Orla H. Bailey was born in Lansing in 1873. He spent some time as a clerk at the Cottage Grocery store, then in 1900 rented a wooden commercial building at this location on Ionia Street and opened his own grocery. IN 1915, Bailey purchased the property outright. The grocery business continued to prosper, and in 1922 Bailey hired local firm Cooper-Ehinger Construction Company to build a new store at the same location. Construction on the building (517-519 Ionia) began in July, and was finished by January 1923. Bailey moved his grocery into the buildings, and let out the other storefront to the Jay M. Toy Electrical Company. In 1925, Bailey purchased the nearby lot, and in 1927 constructed a second, similar building (513-515 Ionia). He leased space to barber Alvin B. Cooley and the Russel Bakery.

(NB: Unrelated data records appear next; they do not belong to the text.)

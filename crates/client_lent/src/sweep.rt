ghost use Rattle.std.specs.Prelude.{◌≡◌};
ghost use Rattle.protocol.specs.Client as client;

use client_sweeps::{stop_at, swept_at};
use protocol::records::Copy;
use protocol::setup::Setup;
use protocol::step::Sweep;

// Sweeps one client's copies, which begin at `first`: sets a volume's "object expiries to 0", or erases all copies, since after a restart "only its next
// request number remains".
pub fn sweep(copies: &mut [Copy], setup: Setup, g: Sweep, first: usize)
    ensures { copies.new ≡ client.swept_all setup g first copies.old }
{
    let to = stop_at(setup, g, first, copies.len());
    for k in first..to {
        copies[k] = swept_at(setup, g, copies[k], k, first);
    }
}
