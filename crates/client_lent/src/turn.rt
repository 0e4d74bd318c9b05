ghost use Rattle.std.specs.Prelude.{◌≡◌, get_or, set};
ghost use Rattle.protocol.specs.Tables.{no_request};
ghost use Rattle.protocol.specs.Client.{turned, CanTurn};

use crate::requests::{end_request, take_number};
use protocol::records::Request;
use protocol::step::Turn;

// Applies a turn to one request.
pub fn apply(r: &mut Request, u: Turn)
    requires { CanTurn r.old u }
    ensures { r.new ≡ turned r.old u }
{
    match u {
        Turn::Keep => {}
        Turn::Take(object) => {
            take_number(r, object);
        }
        Turn::End => end_request(r),
    }
}

// Applies a turn to the request of client i ("one record, lent and updated"), or does nothing if i is past the end.
// Kept: an index below the length, as in `store` of list.rt.
pub fn update(requests: &mut [Request], i: usize, u: Turn)
    requires { CanTurn (get_or requests.old i no_request) u }
    ensures { requests.new ≡ set requests.old i (turned (get_or requests.old i no_request) u) }
{
    if i < requests.len() {
        apply(&mut requests[i], u);
    }
}
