// Finds an object's place in the tables.
ghost use Rattle.std.specs.Prelude.{◌≡◌, true, ◌<◌};
ghost use Rattle.protocol.specs.Setup.{in_range};
ghost use Rattle.lease_tests.specs.Parts.{Placed};

use protocol::setup::Setup;

// Returns the object's volume, with the bounds that accesses to the tables need.
pub fn volume_of(setup: Setup, object: usize) -> usize
    requires setup_value { in_range setup ≡ true }
    requires object_lt_objects { object < setup.objects }
    ensures { Placed setup object result }
{
    usize::from(setup.volume[object])
}
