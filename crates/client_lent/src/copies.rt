ghost use Rattle.std.specs.Prelude.{◌≡◌, get_or, set};
ghost use Rattle.std.specs.List.{list_all};
ghost use Rattle.protocol.specs.Tables.{no_copy};
ghost use Rattle.protocol.specs.Client.{changed};
ghost use Rattle.protocol.specs.Sound.{time_fits, copies_sound};

use crate::list;
use gate_records::copies::{as_many, copy_sound};
use protocol::records::Copy;
use protocol::setup::Setup;
use protocol::step::CopyChange;
use setup::fresh::fresh_copy;

// Returns the copy at index i of "a lent list of records, all dashes' in one"; indices past the end read as no copy.
pub fn look(copies: &[Copy], i: usize) -> Copy
    ensures { result ≡ get_or copies.now i no_copy }
{
    list::look(copies, i, fresh_copy())
}

// "erase the copy (version, value and expiry 0)"
pub fn erase(copies: &mut [Copy], i: usize)
    ensures { copies.new ≡ set copies.old i no_copy }
{
    list::store(copies, i, fresh_copy());
}

// Applies a change to the copy at index i, or does nothing if i is past the end.
pub fn change(copies: &mut [Copy], i: usize, u: CopyChange)
    ensures { copies.new ≡ set copies.old i (changed (get_or copies.old i no_copy) u) }
{
    match u {
        CopyChange::Keep => {}
        CopyChange::Fill(c) => list::store(copies, i, c),
        CopyChange::Erase => erase(copies, i),
    }
}

// Returns whether every copy's expiry is in range.
// Kept: a `for` with `&=` in place of `all`, which leaves the loop at the first "no", so it is not compiled to vector instructions (gate_tables).
fn all_sound(copies: &[Copy]) -> bool
    ensures { result ≡ list_all (λ c. time_fits c.expiry) copies.now }
{
    let mut ok = true;
    for copy in copies {
        ok &= copy_sound(*copy);
    }
    ok
}

// Answers question 1 for the copies: there is one per client and object ("another length is unsound"), and every expiry is in range.
pub fn sound(copies: &[Copy], setup: Setup) -> bool
    ensures { result ≡ copies_sound setup copies.now }
{
    as_many(setup, copies.len()) && all_sound(copies)
}
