// Writes the records of a run file: a setup, a step, the trailer. Each public function writes at the offset `at`, where the caller has checked that
// there is room, and returns the offset after the record.
ghost use Rattle.std.specs.Prelude.{◌+◌, ◌≤◌, true, ◌≡◌, length};
ghost use Rattle.protocol.specs.Setup.{in_range};
ghost use Rattle.bytes_layout.specs.Number.{Stored};
ghost use Rattle.bytes_layout.specs.Written.{Written};
ghost use Rattle.file_records.specs.Bytes.{setup_front, setup_bytes, step_bytes, trailer_bytes};
ghost use Rattle.file_records.specs.Round.{Widths};
ghost use Rattle.file_records.specs.Sizes.{SETUP, STEP, TRAILER, STEPS};
ghost use Rattle.setup.specs.Limits.{OBJECTS};

use crate::sizes;
use protocol::setup::Setup;
use protocol::step::Step;

// Writes the counts and durations. The counts of a setup in range fit into bytes.
fn write_front(out: &mut [u8], at: usize, setup: Setup)
    requires at_in_bounds { at + 16 ≤ length out.old }
    requires setup_value { in_range setup ≡ true }
    ensures { Stored out.old out.new at (setup_front setup) }
{
    bytes_layout::write_four(
        out,
        at,
        setup.clients as u8,
        setup.volumes as u8,
        setup.objects as u8,
        0,
    );
    bytes_layout::write_u32(out, at + 4, setup.tv);
    bytes_layout::write_u32(out, at + 8, setup.t);
    bytes_layout::write_u32(out, at + 12, setup.m);
}

// Writes a setup, the delay "in the last four volume bytes" (02, A6). The last two clauses are for callers, which cannot see that a setup has a volume byte
// for each object that there can be.
pub fn write_setup(out: &mut [u8], at: usize, setup: Setup) -> usize
    requires at_in_bounds { at + SETUP ≤ length out.old }
    requires setup_value { in_range setup ≡ true }
    ensures written { Written out.old out.new at (setup_bytes setup) result }
    ensures place { result ≡ at + SETUP }
    ensures volumes { length setup.volume ≡ OBJECTS }
{
    write_front(out, at, setup);
    let volume = setup.volume;
    bytes_layout::output::write_bytes(out, at + 16, &volume);
    bytes_layout::write_u32(out, at + 44, setup.delay);
    at + sizes::SETUP
}

// Writes a step. The second clause tells callers that the numbers of a step fit their widths.
pub fn write_step(out: &mut [u8], at: usize, step: Step) -> usize
    requires { at + STEP ≤ length out.old }
    ensures written { Written out.old out.new at (step_bytes step) result }
    ensures widths { Widths step }
{
    bytes_layout::write_four(out, at, step.kind, step.client, step.object, step.place);
    bytes_layout::write_u32(out, at + 4, step.clock);
    bytes_layout::write_u64(out, at + 8, step.value);
    at + sizes::STEP
}

// Writes the step count and the distance from the file's end back to the setup.
pub fn write_trailer(out: &mut [u8], at: usize, count: u32) -> usize
    requires at_in_bounds { at + TRAILER ≤ length out.old }
    requires count_bound { count ≤ STEPS }
    ensures { Written out.old out.new at (trailer_bytes count) result }
{
    bytes_layout::write_u32(out, at, count);
    let distance = sizes::EMPTY + sizes::STEP * (count as usize);
    bytes_layout::write_u32(out, at + 4, distance as u32);
    at + sizes::TRAILER
}
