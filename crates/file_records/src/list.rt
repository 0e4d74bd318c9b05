// A list of steps, with room for as many as a run file can have.
ghost use Rattle.std.specs.Prelude.{◌≡◌, ◌<◌, [], ◌∷◌, ◌++◌, length};

use crate::sizes::STEPS;
use protocol::step::Step;
use std::marker::Model;

// The list is the first `len` items.
#[derive(Clone, Copy)]
pub struct Steps {
    items: [Step; STEPS],
    len: usize,
}

impl Model for Steps {
    ghost use Rattle.std.specs.Prelude.{List, ◌≤◌, ◌-◌, ◌≡◌, length, take, drop, replicate};
    ghost use Rattle.std.proofs.Common.{length-take-le};
    ghost use Rattle.protocol.specs.declared.step.Step.{Step};
    ghost use Rattle.file_records.specs.Sizes.{STEPS};
    ghost use Rattle.file_records.specs.Records.{no_step};
    ghost use Rattle.file_records.specs.Room.{filled_up, room_there, items_again};

    ghost Value = { List Step };

    ghost view = { λ s. take s.len s.items };

    // The room past the list has steps of zeros, so that a list is its items and nothing else.
    ghost invariant = { λ s. (s.len ≤ STEPS) × (length s.items ≡ STEPS) × (drop s.len s.items ≡ replicate (STEPS - s.len) no_step) };

    ghost inverse = { λ xs. record { items = filled_up xs; len = length xs } };

    ghost inverse_ok = { λ s h i. record { items = items_again s.len s.items h i; len = length-take-le s.len s.items (room_there s.len s.items h) i } };
}

impl Steps {
    // Returns the empty list.
    pub fn new() -> Steps
        ensures { result ≡ [] }
    {
        Steps {
            items: [crate::no_step(); STEPS],
            len: 0,
        }
    }

    // Adds a step at the end. The caller checks that there is room.
    pub fn push(&mut self, step: Step)
        requires { length self.old < STEPS }
        ensures { self.new ≡ self.old ++ step ∷ [] }
    {
        self.items[self.len] = step;
        self.len += 1;
    }

    // Returns the steps, in order.
    pub fn as_slice(&self) -> &[Step]
        ensures { result.now ≡ self.now }
    {
        &self.items[..self.len]
    }
}
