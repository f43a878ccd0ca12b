// What a comparison keeps of pairs of nodes that pass with each other.
ghost use Rattle.std.specs.Prelude.{◌≡◌, [], true, IfSome, OnErr, OnOk};
ghost use Rattle.wcv_types.specs.Arena.{Arena};
ghost use Rattle.wcv_matching.specs.Matching.{Reading};
ghost use Rattle.wcv_matching.specs.OnePass.{Atom};
ghost use Rattle.wcv_compare.specs.Compared.{has_pair, kept_place, with_pair, ArePassed, IsPairOf, Pass};

use indexmap::IndexSet;
use std::alloc::Global;
use std::marker::Model;
use std::mem::swap;
use wcv_core::OutOfMemory;
use wcv_types::ComponentEntityType;

/// Two nodes, by their places.
#[derive(Clone, Copy, PartialEq, Eq, Hash)]
pub struct NodePair {
    pub left: u64,
    pub right: u64,
}

/// Two nodes that are compared at a level.
#[derive(Clone, Copy, PartialEq, Eq, Hash)]
pub struct LevelPair {
    pub level: u64,
    pub nodes: NodePair,
}

/// Pairs of nodes, each once. Contracts see it as the list of them.
#[derive(Drop)]
pub struct PairSet {
    pairs: IndexSet<LevelPair>,
}

impl Model for PairSet {
    ghost use Rattle.std.specs.Prelude.{List};
    ghost use Rattle.wcv_compare.specs.declared.compared.LevelPair.{LevelPair};

    ghost Value = { List LevelPair };

    ghost view = { λ s. s.pairs.keys };
}

impl PairSet {
    /// No pair.
    fn new(alloc: Global) -> PairSet
        ensures { result ≡ [] }
    {
        PairSet {
            pairs: IndexSet::new(alloc),
        }
    }

    /// One more pair. Out of memory nothing changes.
    fn push(&mut self, pair: LevelPair) -> Result<(), OutOfMemory>
        ensures ok { OnOk result (self.new ≡ with_pair self.old pair) }
        ensures err { OnErr result (self.new ≡ self.old) }
    {
        match self.pairs.insert(pair) {
            Ok(_) => Ok(()),
            Err(_) => Err(OutOfMemory),
        }
    }

    /// Whether the set has the pair.
    fn contains(&self, pair: &LevelPair) -> bool
        ensures { result ≡ has_pair self.now pair.now }
    {
        self.pairs.contains(pair)
    }
}

/// The place of a node of which is kept what it passes with.
fn kept_place(ty: ComponentEntityType) -> Option<u64>
    ensures { result ≡ kept_place ty }
{
    match ty {
        ComponentEntityType::Module(id) => Some(id.index),
        ComponentEntityType::Func(id) => Some(id.index),
        ComponentEntityType::Instance(id) => Some(id.index),
        ComponentEntityType::Component(id) => Some(id.index),
        ComponentEntityType::Value(_) | ComponentEntityType::Ty { .. } => None,
    }
}

/// The pair of two entities at the level.
fn pair_of(level: u64, a: ComponentEntityType, b: ComponentEntityType) -> Option<LevelPair>
    ensures { IfSome result (IsPairOf level a b) }
{
    let left = match kept_place(a) {
        Some(left) => left,
        None => return None,
    };
    let right = match kept_place(b) {
        Some(right) => right,
        None => return None,
    };
    let nodes = NodePair { left, right };
    Some(LevelPair { level, nodes })
}

/// Pairs of nodes that pass with each other while the resources of both sides are read as they are: those that are
/// the same and those that match, and the same where the sides are exchanged.
#[derive(Drop)]
pub struct Compared {
    pub same: PairSet,
    pub matching: PairSet,
    pub same_flipped: PairSet,
    pub matching_flipped: PairSet,
}

impl Compared {
    /// No pair.
    pub fn new(alloc: Global) -> Compared
        ensures { (a : Arena) (f g : Reading Atom) → ArePassed a f g result }
    {
        Compared {
            same: PairSet::new(alloc),
            matching: PairSet::new(alloc),
            same_flipped: PairSet::new(alloc),
            matching_flipped: PairSet::new(alloc),
        }
    }

    /// Exchanges the sides.
    pub(crate) fn flip(&mut self)
        ensures { (a : Arena) (f g : Reading Atom) → ArePassed a f g self.old → ArePassed a g f self.new }
    {
        swap(&mut self.same, &mut self.same_flipped);
        swap(&mut self.matching, &mut self.matching_flipped);
    }

    /// Whether the pair is known to pass.
    pub(crate) fn knows(
        &self,
        exact: bool,
        level: u64,
        a: ComponentEntityType,
        b: ComponentEntityType,
    ) -> bool
        ensures { result ≡ true → (t : Arena) (f g : Reading Atom) → ArePassed t f g self.now → Pass t exact level f g a b }
    {
        match pair_of(level, a, b) {
            Some(pair) => {
                if exact {
                    self.same.contains(&pair)
                } else {
                    self.matching.contains(&pair)
                }
            }
            None => false,
        }
    }

    /// The pair passes, and is known from then on.
    pub(crate) fn keep(
        &mut self,
        exact: bool,
        level: u64,
        a: ComponentEntityType,
        b: ComponentEntityType,
    ) -> Result<(), OutOfMemory>
        ensures { OnOk result ((t : Arena) (f g : Reading Atom) → ArePassed t f g self.old → Pass t exact level f g a b → ArePassed t f g self.new) }
    {
        match pair_of(level, a, b) {
            Some(pair) => {
                if exact {
                    self.same.push(pair)
                } else {
                    self.matching.push(pair)
                }
            }
            None => Ok(()),
        }
    }
}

Bailey apparently later acquired the bakery, and operated both the grocery and the bakery until his death from a heart attack in 1943. The businesses passed to his son, Orla H. Bailey Jr., who ran the bakery through the late 1940s, and the grocery until 1959. The storefronts were occupied by a series of businesses afterward, notably Chauncey's Barber Shop which occupied a space from 1929 though 1984, and Belen's Flowers which occupied a space from 1969 to 2010. The two buildings were sold to real estate broker Spiro Tesseris and his wife Sophia in 1984, and was purchased by 515 Ionia LLC in 2015. They completely rehabilitated the buildings, and as of 2021 have leased to new tenants.

==Description==
The Bailey Buildings are a pair of red brick commercial buildings, located in a neighborhood just outside of Lansing's central business district. Both buildings are flat roofed, two-story double storefront structures with commercial space on the ground floor and apartments above. The buildings have minimal ornamentation. The building at 513-515 West Ionia Street measures 27 feet across by 60 feet deep, with an 18 by 18 foot, single-story addition located at the southeast corner. On the façade, a recessed central entrance is flanked by large display windows. Each storefront has a separate entrance. The building at 517-519 West Ionia Street is larger than the first building, but very similar in style. It measures 47 feet across the front by 51 feet deep.